No reference herein to the Indenture and no provision of this Debenture or of the Indenture shall alter or impair the obligation of the Company, which is absolute and unconditional, to pay the principal of and interest on this Debenture at the times, place and rate, and in the coin or currency, herein prescribed.
As provided in the Indenture and subject to certain limitations, including, if this Debenture is a global Debenture, the limitations set forth on the first page hereof, therein set forth, the transfer of this Debenture is registrable in the Security Register, upon surrender of this Debenture for registration of transfer at the office or agency of the Company in The City of New York maintained for such purpose, duly endorsed by, or accompanied by a written instrument of transfer in form satisfactory to the Company and the Security Registrar duly executed by, the Holder hereof or her attorney duly authorized in writing, and thereupon one or more new Debentures, of authorized denominations and for the same aggregate principal amount, will be issued to the designated transferee or transferees. No service charge shall be made for any such registration of transfer or exchange, but the Company may require payment of a sum sufficient to cover any tax or other governmental charge payable in connection therewith.
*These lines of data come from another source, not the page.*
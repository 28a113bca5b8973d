//! Tests of frames and messages: what is read off bytes, what a body says, how a reply is written. They stand in a crate
//! of their own, since a crate with tests is proved twice.
#![tactic(auto)]

#[cfg(test)]
mod bodies;
#[cfg(test)]
mod edges;
#[cfg(test)]
mod frames;
#[cfg(test)]
mod large;
#[cfg(test)]
mod replies;
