//! What is known of headers, by their paths, and the search for one.
#![tactic(auto)]

mod dep;
mod finding;
mod laws;
mod map;
mod resolving;
mod tree;
mod view;

pub use dep::Dep;
pub use finding::find_header;
pub use laws::{one_resolution, some_resolution};
pub use map::HeaderMap;
pub use resolving::{Resolved, resolve};
pub use view::{HeaderView, MapView};
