//! The adapters over a reader and a writer, with more than three buffers of bytes in odd pieces.

use cl_base::{Mem, Text};
use cl_frames::{Got, Source, StdSink, StdSource, Written, write_frame};
use std::alloc::Global;
use std::io::{Error, ErrorKind, Read, Result as IoResult, Write};
use std::test::Fail;

/// More than three buffers of a source.
const MANY: usize = 200_003;

/// A reader that gives odd pieces. Each third call is interrupted, and one call fails.
#[derive(Drop)]
struct OddReader<'a> {
    left: &'a [u8],
    calls: usize,
    fails: usize,
}

impl Read for OddReader<'_> {
    fn read(&mut self, buf: &mut [u8]) -> IoResult<usize> {
        let call = self.calls;
        self.calls = call.saturating_add(1);
        if call == self.fails {
            return Err(Error::from(ErrorKind::Other));
        }
        if call % 3 == 1 {
            return Err(Error::from(ErrorKind::Interrupted));
        }
        let most = call.saturating_mul(7_919) % 70_001 + 1;
        let count = self.left.len().min(buf.len()).min(most);
        let (piece, left) = self.left.split_at(count);
        buf[..count].copy_from_slice(piece);
        self.left = left;
        Ok(count)
    }
}

/// A writer that takes odd pieces. Each third call is interrupted, and one call fails.
#[derive(Drop)]
struct OddWriter<'a> {
    held: &'a mut Vec<u8>,
    calls: usize,
    fails: usize,
}

impl Write for OddWriter<'_> {
    fn write(&mut self, piece: &[u8]) -> IoResult<usize> {
        let call = self.calls;
        self.calls = call.saturating_add(1);
        if call == self.fails {
            return Err(Error::from(ErrorKind::Other));
        }
        if call % 3 == 1 {
            return Err(Error::from(ErrorKind::Interrupted));
        }
        let count = piece.len().min(call.saturating_mul(613) % 9_001 + 1);
        self.held.extend_from_slice(&piece[..count])?;
        Ok(count)
    }

    fn flush(&mut self) -> IoResult<()> {
        Ok(())
    }
}

#[test]
fn a_source_hands_on_what_is_read(rt: HostRuntime) -> Result<(), Fail> {
    let alloc = rt.alloc();
    let bytes = numbered(alloc)?;
    for fails in [usize::MAX, 0, 6, 9] {
        let reader = OddReader {
            left: bytes.as_slice(),
            calls: 0,
            fails,
        };
        let mut source = StdSource::new(alloc, reader)?;
        let (read, faults) = all_of(alloc, &mut source)?;
        assert!(rt; read == bytes, "with a fault at {fails}");
        assert_eq!(rt;
            faults,
            u32::from(fails != usize::MAX),
            "with a fault at {fails}"
        );
    }
    Ok(())
}

#[test]
fn a_sink_hands_down_what_is_written(rt: HostRuntime) -> Result<(), Fail> {
    let alloc = rt.alloc();
    let bytes = numbered(alloc)?;
    let frame = Text::new(alloc, bytes.as_slice())?;
    for fails in [usize::MAX, 0, 6, 9] {
        let mut held = Vec::new(alloc);
        let mut sink = StdSink::new(OddWriter {
            held: &mut held,
            calls: 0,
            fails,
        });
        let taken = match write_frame(&mut sink, &frame) {
            Written::All => bytes.len(),
            Written::Failed { taken } => taken as usize,
        };
        drop(sink);
        assert_eq!(rt;
            taken == bytes.len(),
            fails == usize::MAX,
            "with a fault at {fails}"
        );
        assert_eq!(rt; held.len(), taken, "with a fault at {fails}");
        assert!(rt;
            bytes.as_slice().starts_with(held.as_slice()),
            "with a fault at {fails}"
        );
    }
    Ok(())
}

/// Bytes that tell where they stand.
fn numbered(alloc: Global) -> Mem<Vec<u8>> {
    let mut bytes = Vec::new(alloc);
    for i in 0..MANY {
        bytes.push((i.saturating_mul(31) % 251) as u8)?;
    }
    Ok(bytes)
}

/// All that a source gives, in pieces of four sizes, and how often it failed.
fn all_of<S: Source>(alloc: Global, source: &mut S) -> Mem<(Vec<u8>, u32)> {
    let mut read = Vec::new(alloc);
    let mut faults = 0u32;
    let mut small = [0u8; 7];
    let mut large = vec![in alloc; 0u8; 70_000]?;
    for i in 0..MANY {
        let buf = if i % 4 == 3 {
            large.as_mut_slice()
        } else {
            small.as_mut_slice()
        };
        match source.read(buf) {
            Got::Bytes(0) => break,
            Got::Bytes(count) => read.extend_from_slice(&buf[..count])?,
            Got::Failed => faults = faults.saturating_add(1),
        }
    }
    Ok((read, faults))
}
Prior to due presentment of this Debenture for registration of transfer, the Company, the Trustee and any agent of the Trustee may treat the Person in whose name this Debenture is registered as the owner hereof for all
purposes, whether or not this Debenture be overdue, and neither the Company, the Trustee nor any such agent shall be affected by notice to the contrary.
The Debentures are issuable only in registered form without coupons in minimum denominations of $2,000 and integral multiples of $1,000 in excess thereof.
All terms used in this Debenture which are defined in the Indenture, as supplemented by the Officer’s Certificate, shall have the meanings set forth therein.
THIS DEBENTURE SHALL BE GOVERNED BY AND CONSTRUED IN ACCORDANCE WITH THE LAWS OF THE STATE OF NEW YORK WITHOUT REGARD TO CONFLICTS OF LAWS PRINCIPLES THEREOF.